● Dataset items
■ ■ ■ ■

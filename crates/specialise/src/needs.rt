//! The rows that bodies and initialisers need.
ghost use Rattle.std.specs.Prelude.{◌≡◌, ◌++◌, All, IfOk, IfSome, OnOk, map, option_to_list};
ghost use Rattle.std.specs.List.{filter_map};
ghost use Rattle.demands.specs.Order.{symbol_of};
ghost use Rattle.demands.specs.Rows.{IsShortSymbol, words_of};
ghost use Rattle.interface.specs.Asked.{named as named_in};
ghost use Rattle.interface.specs.Names.{HasFewArgs};
ghost use Rattle.specialise.specs.Needs.{inst_asks, block_asks, body_asks, init_asks, AreInOrder, AreRowsOf};

use demand_core::Row;
use demands::{Demand, row_of};
use interface::{call_of, called, known_of_args, named, names_of_block};
use ir_syntax::{Block, Const, Inst, Program};
use ir_types::{List, OutOfMemory};
use std::alloc::Global;

/// Adds the row of a demand, if there is one.
fn add_row(rows: &mut Vec<Row>, asked: Option<Demand>) -> Result<(), OutOfMemory>
    requires { IfSome asked (λ d. IsShortSymbol (symbol_of d)) }
    ensures { OnOk result (rows.new.items ≡ rows.old.items ++ map words_of (option_to_list asked)) }
{
    match asked {
        Some(demand) => rows.push(row_of(&demand))?,
        None => {}
    }
    Ok(())
}

/// Adds the rows of what the items at these places of a module are asked for with by their names.
fn add_named(
    alloc: Global,
    rows: &mut Vec<Row>,
    p: &Program,
    home: usize,
    places: &[usize],
) -> Result<(), OutOfMemory>
    ensures { OnOk result (rows.new.items ≡ rows.old.items ++ map words_of (filter_map (named_in p.now home) places.now)) }
{
    for place in places {
        add_row(rows, named(alloc, p, home, *place)?)?;
    }
    Ok(())
}

/// Adds the row of what an instruction of a residual body calls.
fn add_called(
    alloc: Global,
    rows: &mut Vec<Row>,
    p: &Program,
    cycles: &List<List<bool>>,
    home: usize,
    inst: &Inst,
) -> Result<(), OutOfMemory>
    requires { HasFewArgs inst.now }
    ensures { OnOk result (rows.new.items ≡ rows.old.items ++ map words_of (option_to_list (inst_asks p.now cycles.now home inst.now))) }
{
    match call_of(inst) {
        Some((place, args)) => {
            let known = known_of_args(&[], &[], args);
            let asked = called(alloc, p, cycles, home, place, &known[..args.len()])?;
            add_row(rows, asked)
        }
        None => Ok(()),
    }
}

fn add_calls(
    alloc: Global,
    rows: &mut Vec<Row>,
    p: &Program,
    cycles: &List<List<bool>>,
    home: usize,
    insts: &[Inst],
) -> Result<(), OutOfMemory>
    requires { All HasFewArgs insts.now }
    ensures { OnOk result (rows.new.items ≡ rows.old.items ++ map words_of (filter_map (inst_asks p.now cycles.now home) insts.now)) }
{
    for inst in insts {
        add_called(alloc, rows, p, cycles, home, inst)?;
    }
    Ok(())
}

fn add_block(
    alloc: Global,
    rows: &mut Vec<Row>,
    p: &Program,
    cycles: &List<List<bool>>,
    home: usize,
    block: &Block,
) -> Result<(), OutOfMemory>
    requires { All HasFewArgs block.now.insts }
    ensures { OnOk result (rows.new.items ≡ rows.old.items ++ map words_of (block_asks p.now cycles.now home block.now)) }
{
    add_calls(alloc, rows, p, cycles, home, block.insts.as_slice())?;
    let places = names_of_block(List::new(alloc), block)?;
    add_named(alloc, rows, p, home, places.as_slice())
}

/// The rows in row order, each once.
fn in_order(mut rows: Vec<Row>) -> Result<List<Row>, OutOfMemory>
    ensures { IfOk result (AreInOrder rows.items) }
{
    rows.sort_unstable();
    rows.dedup();
    Ok(List::from_vec(rows))
}

/// The rows that the blocks of a residual body need, in row order and each once. The body is one of the module `home`.
pub(crate) fn body_needs(
    alloc: Global,
    p: &Program,
    cycles: &List<List<bool>>,
    home: usize,
    blocks: &[Block],
) -> Result<List<Row>, OutOfMemory>
    requires { All (λ block. All HasFewArgs block.insts) blocks.now }
    ensures { IfOk result (AreRowsOf (body_asks p.now cycles.now home blocks.now)) }
{
    let mut rows = Vec::new(alloc);
    for block in blocks {
        add_block(alloc, &mut rows, p, cycles, home, block)?;
    }
    in_order(rows)
}

/// The rows that an initialiser in the module `home` needs, in row order and each once.
pub(crate) fn init_needs(
    alloc: Global,
    p: &Program,
    home: usize,
    init: &Option<Const>,
) -> Result<List<Row>, OutOfMemory>
    ensures { IfOk result (AreRowsOf (init_asks p.now home init.now)) }
{
    let mut rows = Vec::new(alloc);
    match init {
        Some(constant) => {
            let places = constant.add_names(List::new(alloc))?;
            add_named(alloc, &mut rows, p, home, places.as_slice())?;
        }
        None => {}
    }
    in_order(rows)
}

■ ■ ■ ■

● Work request
All of the entries should be repeated word for word.

● Answer to this exercise
filename crates/specialise/src/needs.rt
//! The rows that bodies and initialisers need.
ghost use Rattle.std.specs.Prelude.{◌≡◌, ◌++◌, All, IfOk, IfSome, OnOk, map, option_to_list};
ghost use Rattle.std.specs.List.{filter_map};
ghost use Rattle.demands.specs.Order.{symbol_of};
ghost use Rattle.demands.specs.Rows.{IsShortSymbol, words_of};
ghost use Rattle.interface.specs.Asked.{named as named_in};
ghost use Rattle.interface.specs.Names.{HasFewArgs};
ghost use Rattle.specialise.specs.Needs.{inst_asks, block_asks, body_asks, init_asks, AreInOrder, AreRowsOf};

use demand_core::Row;
use demands::{Demand, row_of};
use interface::{call_of, called, known_of_args, named, names_of_block};
use ir_syntax::{Block, Const, Inst, Program};
use ir_types::{List, OutOfMemory};
use std::alloc::Global;

/// Adds the row of a demand, if there is one.
fn add_row(rows: &mut Vec<Row>, asked: Option<Demand>) -> Result<(), OutOfMemory>
    requires { IfSome asked (λ d. IsShortSymbol (symbol_of d)) }
    ensures { OnOk result (rows.new.items ≡ rows.old.items ++ map words_of (option_to_list asked)) }
{
    match asked {
        Some(demand) => rows.push(row_of(&demand))?,
        None => {}
    }
    Ok(())
}

/// Adds the rows of what the items at these places of a module are asked for with by their names.
fn add_named(
    alloc: Global,
    rows: &mut Vec<Row>,
    p: &Program,
    home: usize,
    places: &[usize],
) -> Result<(), OutOfMemory>
    ensures { OnOk result (rows.new.items ≡ rows.old.items ++ map words_of (filter_map (named_in p.now home) places.now)) }
{
    for place in places {
        add_row(rows, named(alloc, p, home, *place)?)?;
    }
    Ok(())
}

/// Adds the row of what an instruction of a residual body calls.
fn add_called(
    alloc: Global,
    rows: &mut Vec<Row>,
    p: &Program,
    cycles: &List<List<bool>>,
    home: usize,
    inst: &Inst,
) -> Result<(), OutOfMemory>
    requires { HasFewArgs inst.now }
    ensures { OnOk result (rows.new.items ≡ rows.old.items ++ map words_of (option_to_list (inst_asks p.now cycles.now home inst.now))) }
{
    match call_of(inst) {
        Some((place, args)) => {
            let known = known_of_args(&[], &[], args);
            let asked = called(alloc, p, cycles, home, place, &known[..args.len()])?;
            add_row(rows, asked)
        }
        None => Ok(()),
    }
}

fn add_calls(
    alloc: Global,
    rows: &mut Vec<Row>,
    p: &Program,
    cycles: &List<List<bool>>,
    home: usize,
    insts: &[Inst],
) -> Result<(), OutOfMemory>
    requires { All HasFewArgs insts.now }
    ensures { OnOk result (rows.new.items ≡ rows.old.items ++ map words_of (filter_map (inst_asks p.now cycles.now home) insts.now)) }
{
    for inst in insts {
        add_called(alloc, rows, p, cycles, home, inst)?;
    }
    Ok(())
}

fn add_block(
    alloc: Global,
    rows: &mut Vec<Row>,
    p: &Program,
    cycles: &List<List<bool>>,
    home: usize,
    block: &Block,
) -> Result<(), OutOfMemory>
    requires { All HasFewArgs block.now.insts }
    ensures { OnOk result (rows.new.items ≡ rows.old.items ++ map words_of (block_asks p.now cycles.now home block.now)) }
{
    add_calls(alloc, rows, p, cycles, home, block.insts.as_slice())?;
    let places = names_of_block(List::new(alloc), block)?;
    add_named(alloc, rows, p, home, places.as_slice())
}

/// The rows in row order, each once.
fn in_order(mut rows: Vec<Row>) -> Result<List<Row>, OutOfMemory>
    ensures { IfOk result (AreInOrder rows.items) }
{
    rows.sort_unstable();
    rows.dedup();
    Ok(List::from_vec(rows))
}

/// The rows that the blocks of a residual body need, in row order and each once. The body is one of the module `home`.
pub(crate) fn body_needs(
    alloc: Global,
    p: &Program,
    cycles: &List<List<bool>>,
    home: usize,
    blocks: &[Block],
) -> Result<List<Row>, OutOfMemory>
    requires { All (λ block. All HasFewArgs block.insts) blocks.now }
    ensures { IfOk result (AreRowsOf (body_asks p.now cycles.now home blocks.now)) }
{
    let mut rows = Vec::new(alloc);
    for block in blocks {
        add_block(alloc, &mut rows, p, cycles, home, block)?;
    }
    in_order(rows)
}

/// The rows that an initialiser in the module `home` needs, in row order and each once.
pub(crate) fn init_needs(
    alloc: Global,
    p: &Program,
    home: usize,
    init: &Option<Const>,
) -> Result<List<Row>, OutOfMemory>
    ensures { IfOk result (AreRowsOf (init_asks p.now home init.now)) }
{
    let mut rows = Vec::new(alloc);
    match init {
        Some(constant) => {
            let places = constant.add_names(List::new(alloc))?;
            add_named(alloc, &mut rows, p, home, places.as_slice())?;
        }
        None => {}
    }
    in_order(rows)
}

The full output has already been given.